• _ASSIGNMENT_
Once the line with "has failed yet." is found in the entries below, print it and each following line exactly, stopping after the line with "given.iter().fold(0u64, |sum, found|"; print nothing else.

• _DATASET ENTRIES_
----

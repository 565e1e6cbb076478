//! A folder that keeps the messages of a server.

ghost use Rattle.std.specs.Prelude.{◌≡◌};
ghost use Rattle.rs_journal_writer.specs.State.{Stores};
ghost use Rattle.rs_version.specs.First.{first_of};

use crate::fault::KeepFault;
use crate::syncing::THREAD_DESCRIPTORS;
use rs_journal::{Journal, JournalDisk, NotOpened, OpenFiles, Switch, Switched};
use rs_journal_writer::load;
use rs_message::Found;
use rs_store::{TopicLimit, bytes_of};
use sqlite_disk::{Disk, Files};
use sqlite_std_file::File;
use std::alloc::Global;
use std::fs::{DirBuilder, OpenOptions};
use std::io::ErrorKind;
use std::marker::Model;
use std::os::unix::fs::DirBuilderExt;
use std::path::Path;
use std::time::Clock;
use std::{fs, io, rt};

/// The name of a journal's file. Its log has the same name, and `-wal` behind it.
const NAME: &str = "retained";

/// How many files a journal has.
const FILES: u8 = 2;

/// When changes are synced to the disk that are kept in a folder.
#[derive(Clone, Copy, Debug, PartialEq, Eq)]
pub enum SyncPolicy {
    /// Before anybody is told of them: a power cut takes back nothing that anybody was told.
    Always,
    /// Each second. A power cut takes back what was told in the last seconds, a crash of the process nothing.
    Second,
    /// When the system writes them. A power cut takes back what was told in the last half minute or so, a crash of the process nothing.
    Never,
}

/// An open journal, and the messages that it keeps. Contracts see these.
#[derive(Drop)]
pub(crate) struct Kept<D: Disk> {
    journal: Journal<D>,
    given: Vec<Found>,
}

impl<D: Disk> Model for Kept<D> {
    ghost use Rattle.std.specs.Prelude.{List};
    ghost use Rattle.rs_journal_writer.specs.State.{Stores};
    ghost use Rattle.rs_message.specs.declared.found.Found.{Found as Message};
    ghost use Rattle.rs_version.specs.First.{first_of};

    ghost Value = { List Message };

    ghost view = { λ k. k.given.items };

    ghost invariant = { λ k. Stores k.journal (first_of k.given.items) };
}

impl<D: Disk> Kept<D> {
    /// The messages.
    pub(crate) fn given(&self) -> &[Found] {
        &self.given
    }

    /// How many pages the journal has.
    fn page_count(&self) -> u32 {
        self.journal.page_count()
    }

    /// The journal and the messages.
    pub(crate) fn into_parts(self) -> (Journal<D>, Vec<Found>)
        ensures stored { Stores result.0 (first_of result.1.items) }
        ensures given { result.1.items ≡ self }
    {
        let Kept { journal, given } = self;
        (journal, given)
    }
}

/// The journal of a folder, by when it is synced.
#[derive(Drop)]
pub(crate) enum KeptFolder {
    /// At each commit.
    Synced(Kept<File>),
    /// While the switch is on.
    Switched {
        kept: Kept<Switched<File>>,
        switch: Switch,
        /// The log once more, if a thread is to sync it each second.
        log: Option<fs::File>,
    },
}

impl KeptFolder {
    /// The messages that the folder keeps.
    pub(crate) fn given(&self) -> &[Found] {
        match self {
            KeptFolder::Synced(kept) => kept.given(),
            KeptFolder::Switched { kept, .. } => kept.given(),
        }
    }

    /// How many pages the journal has.
    pub(crate) fn page_count(&self) -> u32 {
        match self {
            KeptFolder::Synced(kept) => kept.page_count(),
            KeptFolder::Switched { kept, .. } => kept.page_count(),
        }
    }

    /// How many descriptors it needs while a server runs: those of its two files, and for a thread that syncs, one more and its own.
    pub(crate) fn descriptors(&self) -> u8 {
        match self {
            KeptFolder::Switched { log: Some(_), .. } => FILES + 1 + THREAD_DESCRIPTORS,
            KeptFolder::Synced(_) | KeptFolder::Switched { .. } => FILES,
        }
    }
}

/// Opens the folder, which is made if it is missing, and reads what it keeps.
pub(crate) fn open_folder<H: OpenFiles + rt::Files<File = fs::File> + Clock>(
    rt: &H,
    alloc: Global,
    folder: &str,
    sync: SyncPolicy,
) -> Result<KeptFolder, KeepFault> {
    make_folder(rt, folder)?;
    let path = format!(in alloc; "{folder}/{NAME}")?;
    let files = rt.open_files(path.as_str())?;
    let seed = seed(rt)?;
    if sync == SyncPolicy::Always {
        return Ok(KeptFolder::Synced(load_kept(alloc, files, seed)?));
    }
    let log = match sync {
        SyncPolicy::Second => Some(open_log(rt, alloc, path.as_str())?),
        SyncPolicy::Always | SyncPolicy::Never => None,
    };
    let switch = Switch::new(alloc)?;
    let Files { log: kept_log, db } = files;
    let files = Files {
        log: Switched::new(kept_log, switch.try_clone()?),
        db: Switched::new(db, switch.try_clone()?),
    };
    let kept = load_kept(alloc, files, seed)?;
    Ok(KeptFolder::Switched { kept, switch, log })
}

/// Makes the folder for this user alone, if it is missing, and lets it stay through a power cut.
fn make_folder<H: rt::Files<File = fs::File>>(rt: &H, folder: &str) -> Result<(), KeepFault> {
    match DirBuilder::new().mode(0o700).create(rt, folder) {
        Ok(()) => {}
        Err(error) if error.kind() == ErrorKind::AlreadyExists => return Ok(()),
        Err(error) => return Err(KeepFault::Folder(error)),
    }
    match sync_parent(rt, folder) {
        Ok(()) => Ok(()),
        Err(error) => Err(KeepFault::Folder(error)),
    }
}

/// Syncs the folder in which this one lies.
fn sync_parent<H: rt::Files<File = fs::File>>(rt: &H, folder: &str) -> io::Result<()> {
    let parent = match Path::new(folder).parent() {
        Some(parent) if !parent.as_str().is_empty() => fs::File::open(rt, parent)?,
        _ => fs::File::open(rt, ".")?,
    };
    parent.sync_all()
}

/// The log of the files of this name, for syncs alone.
fn open_log<H: rt::Files<File = fs::File>>(
    rt: &H,
    alloc: Global,
    path: &str,
) -> Result<fs::File, KeepFault> {
    let log = format!(in alloc; "{path}-wal")?;
    match OpenOptions::new().read(true).open(rt, log.as_str()) {
        Ok(file) => Ok(file),
        Err(error) => Err(KeepFault::Files(error)),
    }
}

/// A number that no opening before had: the nanoseconds of the clock.
fn seed<H: Clock>(rt: &H) -> Result<u64, KeepFault> {
    match rt.since_1970() {
        Ok(time) => Ok((time.as_nanos() % (1 << 64)) as u64),
        Err(error) => Err(KeepFault::Clock(error)),
    }
}

/// Opens the journal of these files.
fn load_kept<D: JournalDisk + Drop>(
    alloc: Global,
    files: Files<D>,
    seed: u64,
) -> Result<Kept<D>, KeepFault> {
    if !files.may_be_used() {
        // Never: no sync has failed yet.
        return Err(KeepFault::Files(ErrorKind::Other.into()));
    }
    match load(alloc, files, seed) {
        Ok((journal, given)) => Ok(Kept { journal, given }),
        Err(NotOpened { fault, files: _ }) => Err(KeepFault::Unread(fault)),
    }
}

/// How many bytes these messages count.
pub(crate) fn bytes_of_all(given: &[Found]) -> u64 {
    given.iter().fold(0u64, |sum, found| {
        sum.saturating_add(bytes_of(found.topic(), found.message()))
    })
}

/// Whether a store may hold these messages.
pub(crate) fn check_limits(
    given: &[Found],
    topics: TopicLimit,
    memory: Option<u64>,
) -> Result<(), KeepFault> {
    let (kept, limit) = (given.len(), topics.get());
    if kept > limit as usize {
        return Err(KeepFault::TooManyTopics { kept, limit });
    }
    let Some(limit) = memory else {
        return Ok(());
    };
    let kept = bytes_of_all(given);
    if kept > limit {
        return Err(KeepFault::TooManyBytes { kept, limit });
    }
    Ok(())
}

----

• _ANSWER TO THIS PROBLEM_
        // Never: no sync has failed yet.
        return Err(KeepFault::Files(ErrorKind::Other.into()));
    }
    match load(alloc, files, seed) {
        Ok((journal, given)) => Ok(Kept { journal, given }),
        Err(NotOpened { fault, files: _ }) => Err(KeepFault::Unread(fault)),
    }
}

/// How many bytes these messages count.
pub(crate) fn bytes_of_all(given: &[Found]) -> u64 {
    given.iter().fold(0u64, |sum, found| {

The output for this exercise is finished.